After seeing a one-month slide of about 18%, AMD (AMD) appears poised for a significant bounce. The company has been punished for struggling to find a CEO, but the release of the well-received Llano mobility platform positions it to deliver strong results in the back-to-school and holiday seasons.
After capturing the performance crown from Intel (INTC) early in the decade, AMD lost the advantage to its competitor's R&D resources and has been playing catch-up since the release of the Core line of processors. Perhaps recognizing that it can't compete in tit-for-tat technology refreshes, AMD has chosen to pursue a dual strategy, positioning itself as the as value alternative to Intel's offerings and emphasizing that everyday computing performance results are the result of CPU/GPU interaction rather than processor workload alone, with an end-goal of combining central and graphics processing on the same die.
AMD purchased Canadian graphics technology company ATI in 2006 and has been laboring since to bring integrated solutions to the market, calling its initiative "Fusion." Five years later, the Sunnyvale company released the Brazos platform (with APUs codenamed Zacate and Ontario) for entry-level notebooks and netbooks. From the graphics angle, no Atom-based platform is close to competing and AMD claims to have sold out in Q1.
The Llano platform targets mid-range laptops and desktops, where Intel's Sandy Bridge-based Core i3/i5/i7 processors, equipped with Intel HD graphics, have been entrenched in terms of performance and power. It's a stop-gap measure to combat Intel's domination, since AMD's next-gen architecture, code-named Bulldozer, is due to arrive in bulk to the retail channel sometime next year.
The associated power savings of a single-chip solution are very attractive (...) We've already seen the advantage of adding graphics to AMD's low-power C and E series APUs in the netbook space. Llano will leverage the same benefit in the more performance-driven laptop market. Frankly, there's not much out there in (midprice) range with discrete-class graphics. And Intel's Sandy Bridge architecture actually does a fair job with its HD Graphics 3000 engine. But Llano blows that away in 3D workloads, using less power in the process.

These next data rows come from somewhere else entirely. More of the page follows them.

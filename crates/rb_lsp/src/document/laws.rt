//! Laws of positions and changes, for readers of the contracts. No function here does anything.

ghost use Rattle.rb_lsp.specs.Changes.{PlacesReturn, ReplacesPart};
ghost use Rattle.rb_lsp.specs.Edits.{EditsMake};

/// An offset that is neither within a character nor between CR and LF has a position, and the position leads back to it.
#[tactic(auto, using(crate::proofs::PositionLaws::place_returns))]
pub fn places_return()
    ensures { PlacesReturn }
{}

/// After a part of a text is replaced, the new part is between the bytes that were before and after the old part.
#[tactic(auto, using(crate::proofs::ChangeLaws::part_replaced))]
pub fn replaces_part()
    ensures { ReplacesPart }
{}

/// The edit between two texts makes the new one of the old one, if the old one begins with a character.
#[tactic(auto, using(crate::proofs::DifferLaws::edits_make))]
pub fn edits_make_the_new_text()
    ensures { EditsMake }
{}
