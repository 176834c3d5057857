//! Limits of a text.

/// The most bytes of a document's text: 64 MiB.
pub const MAX_TEXT: usize = 67_108_864;
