//! The host of a program over one file, for any system: calls that a signal interrupts are made again, and those that do a part
//! are gone on with. Over a system that reports, it is a host that reports.
#![tactic(auto)]

mod calls;
mod host;
mod known;
mod opening;
mod store;

pub use host::FileHost;
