//! What is known of the store's file without a call.
ghost use Rattle.std.specs.Prelude.{◌≡◌, ◌+◌, ◌-◌, ◌≤◌, length, take, drop, IfSome, None};

use std::alloc::Global;

/// How many bytes are read at once.
const AHEAD: usize = 256 * 1024;

/// Bytes of the file that were read before they are asked for.
#[derive(Drop)]
pub(crate) struct Ahead {
    /// The offset in the file of the first of them.
    pub(crate) from: u64,
    /// How many they are: the first so many in `bytes`. The others there are any.
    pub(crate) count: usize,
    pub(crate) bytes: Vec<u8>,
}

impl Ahead {
    /// None, and no room for any.
    pub(crate) fn none(alloc: Global) -> Ahead
        ensures { result.count ≡ 0 }
    {
        Ahead {
            from: 0,
            count: 0,
            bytes: Vec::new(alloc),
        }
    }

    /// Those of so many bytes from an offset on, where all of them were read.
    pub(crate) fn part(&self, at: u64, size: usize) -> Option<&[u8]>
        ensures { IfSome result (λ part. (self.now.from ≤ at) × ((at - self.now.from) + size ≤ self.now.count)
            × (part.now ≡ take size (drop (at - self.now.from) self.now.bytes.items)) × (length part.now ≡ size)) }
    {
        let skipped = at.checked_sub(self.from)? as usize;
        let end = skipped.checked_add(size)?;
        if end > self.count || end > self.bytes.len() {
            return None;
        }
        Some(&self.bytes[skipped..end])
    }

    /// Makes room where there is none. Without memory for it there stays none, and nothing is read ahead.
    pub(crate) fn make_room(&mut self, alloc: Global)
        ensures { self.new.count ≡ 0 }
    {
        self.count = 0;
        if self.bytes.is_empty()
            && let Ok(room) = vec![in alloc; 0; AHEAD]
        {
            self.bytes = room;
        }
    }
}

/// What is known of the file.
#[derive(Drop)]
pub(crate) struct Known {
    /// The length in bytes, as the system told it, and then by what was written since.
    pub(crate) len: Option<u64>,
    pub(crate) ahead: Ahead,
}

impl Known {
    /// Nothing is known yet.
    pub(crate) fn nothing(alloc: Global) -> Known
        ensures len { result.len ≡ None }
        ensures ahead { result.ahead.count ≡ 0 }
    {
        Known {
            len: None,
            ahead: Ahead::none(alloc),
        }
    }

    /// Forgets all, before something is written.
    pub(crate) fn forget(&mut self)
        ensures len { self.new.len ≡ None }
        ensures ahead { self.new.ahead.count ≡ 0 }
    {
        self.len = None;
        self.ahead.count = 0;
    }
}
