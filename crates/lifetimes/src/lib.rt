//! The law of lifetimes: what stands in a file after many runs of both programs, each stopped at any moment, and after crashes. A law is
//! the contract of a function that does nothing.
#![tactic(auto)]

mod laws;
mod runs;

pub use laws::{law_of_guarded_lifetimes, law_of_lifetimes};
pub use runs::{run_once, tools_once};
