//! One run of each program, by those clauses of it that the law of lifetimes goes by.
ghost use Rattle.std.specs.Prelude.{map, string_bytes};
ghost use Rattle.lifetimes.specs.Runs.{IsRun, IsToolsRun};

use emf_top::run;
use host_port::Host;
use std::alloc::Global;
use store_session::Status;
use tools_top::tools;

/// A run of `emfstore`, as the law of lifetimes sees it.
pub fn run_once<H: Host>(alloc: Global, words: &[String], host: &mut H) -> Status
    ensures { IsRun (map string_bytes words.now) (H.told host.old) (H.told host.new) }
{
    run(alloc, words, host)
}

/// A run of `emftools`, as the law of lifetimes sees it.
pub fn tools_once<H: Host>(alloc: Global, words: &[String], host: &mut H) -> Status
    ensures { IsToolsRun (map string_bytes words.now) (H.told host.old) (H.told host.new) }
{
    tools(alloc, words, host)
}
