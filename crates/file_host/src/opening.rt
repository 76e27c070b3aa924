//! The opening of the store: what must hold before its file is read or written.
ghost use Rattle.std.specs.Prelude.{◌≡◌, ◌≢◌, length, IsTrue, IfOk, Ok, Err};
ghost use Rattle.host_port.specs.Host.{disk_now};
ghost use Rattle.system_port.specs.Stays.{Stays};

use std::path::Path;
use system_port::{Found, Name, Stop, System};

const FOLDER: &str = ".";

const ROOT: &str = "/";

/// Nothing is wrong where the system only says that it has no such call.
fn unless_lacking(answer: Result<(), Stop>) -> Result<(), Stop>
    ensures lacking { answer ≡ Err Stop.Lacking → result ≡ Ok tt }
    ensures other { answer ≢ Err Stop.Lacking → result ≡ answer }
{
    match answer {
        Err(Stop::Lacking) => Ok(()),
        _ => answer,
    }
}

/// The file that has the store's name. What is opened gets the least number that is free, and that of a standard stream
/// where one is closed. A second handle of what was opened never does.
fn open_file<S: System>(system: &mut S) -> Result<S::File, Stop>
    ensures { Stays (S.told system.old) (S.told system.new) }
{
    let file = system.open()?;
    system.duplicate(&file)
}

/// Takes the file's lock, or fails where another program has it. A file system that knows no locks gives none, and is used
/// without.
fn lock<S: System>(system: &mut S, file: &S::File) -> Result<(), Stop>
    ensures { Stays (S.told system.old) (S.told system.new) }
{
    unless_lacking(system.lock(file))
}

/// Whether the name leads to the file. One of which the system tells nothing is taken for another file.
fn leads_to<S: System>(system: &mut S, name: Name, file: &Found) -> Result<bool, Stop>
    ensures { Stays (S.told system.old) (S.told system.new) }
{
    match system.find(name) {
        Ok(found) => Ok(found.is_same(file)),
        Err(Stop::Interrupted) => Err(Stop::Interrupted),
        Err(_) => Ok(false),
    }
}

/// Whether the file is open as a standard stream, whatever its name was then.
fn is_stream<S: System>(system: &mut S, file: &Found) -> Result<bool, Stop>
    ensures { Stays (S.told system.old) (S.told system.new) }
{
    Ok(
        leads_to(system, Name::Input, file)?
            || leads_to(system, Name::Output, file)?
            || leads_to(system, Name::Error, file)?,
    )
}

/// The folder that has the file's name. A link may lead to a file in another folder.
fn open_folder<S: System>(system: &mut S) -> Result<S::Folder, Stop>
    ensures { Stays (S.told system.old) (S.told system.new) }
{
    if !system.is_link()? {
        return system.open_folder(Path::new(FOLDER));
    }
    let name = system.whole_name()?;
    system.open_folder(name.parent().unwrap_or(Path::new(ROOT)))
}

/// Makes sure that the folder keeps the name of a new file. A folder that may not be read, or whose system has no such
/// sync, is left as it is.
fn keep_name<S: System>(system: &mut S) -> Result<(), Stop>
    ensures { Stays (S.told system.old) (S.told system.new) }
{
    match open_folder(system) {
        Ok(folder) => unless_lacking(system.sync_folder(&folder)),
        Err(Stop::Denied) => Ok(()),
        Err(stop) => Err(stop),
    }
}

/// The file under its lock, and its length. Only then is it looked at: this fails, and lets the file and the lock go, where it
/// is no regular file, or is open as a standard stream too. The folder of an empty file keeps its name from then on.
pub(crate) fn open_store<S: System>(system: &mut S) -> Result<(S::File, u64), Stop>
    ensures stays { Stays (S.told system.old) (S.told system.new) }
    ensures length { IfOk result (λ opened. IsTrue (S.told system.old).tells → opened.1 ≡ length (disk_now (S.told system.old)).now) }
{
    let file = open_file(system)?;
    lock(system, &file)?;
    let found = system.examine(&file)?;
    if !found.is_regular || is_stream(system, &found)? {
        return Err(Stop::Failed);
    }
    if found.len == 0 {
        keep_name(system)?;
    }
    Ok((file, found.len))
}

/// Whether standard error is the file that has the store's name, as far as the system tells. A line of complaint would take
/// the place of the store's first bytes.
pub(crate) fn is_error_in_store<S: System>(system: &mut S) -> bool
    ensures { Stays (S.told system.old) (S.told system.new) }
{
    match system.find(Name::Store) {
        Ok(store) => leads_to(system, Name::Error, &store).unwrap_or(true),
        Err(_) => false,
    }
}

The company has $1.74B in cash and $2.54B in debt, a 56% rate of institutional ownership, it has delivered EPS to or above consensus targets for the last 8 quarters but has a significant short ratio of 4.5% (Source: Yahoo Finance)
Comparing AMD's operational metrics to Intel is unfair given the latter's enormous size and market-share advantages. But in light of comparable peers [On Semiconductors (ONN) and Skyworks Solutions (SWKS)] AMD's stats do not warrant overvaluation fears:
|Gross Margin %||48.5||51.6||46.4||47|
Source: S&P Company Compustat Report
The bad news is, technical indicators look very ugly and AMD trades more like a penny stock than a multi-billion semiconductor company with a beta of 2.2. Current price around $6.9 is below 200 and 50-day SMAs:
MACD has flashed sell since mid-May and currently sits below EMA, at -0.39, with a negative divergence of -0.04. RSI & %R Williams both confirm the stock to be oversold.
Analyst sentiment is mixed, with a 12-month mean price target of $9.54. Independent research firms Market Edge and Ned Davis Research have both downgraded the equity recently, but S&P, Thomson Reuters and Channel Trend have upgraded it.
Technicals look scary enough, but short term, the biggest drag on AMD is the lack of a CEO. The company has been looking for half a year now, and investors are palpably skitterish. Shares jumped more than 4% on June 21st, when Bright Side of News reported that AMD has chosen a new CEO from IBM (IBM). AMD remained predictably mum on the matter.
With broad indexes showing weakness, AMD's high beta and potential for a strong catalyst such as a CEO announcement make it a good candidate for a swing trade. A few option plays for your consideration:
Purchasing Jan 21st $7.50 calls for a premium of $.70 per contract implies a break-even price of $8.20 and significant upside potential given mean consensus price target of $9.50.
Selling Jan 21st $6 puts for a premium of $.50 per contract implies a break-even price of $5.50 and an assigned yearly return of 16.6% (for comparison purposes only.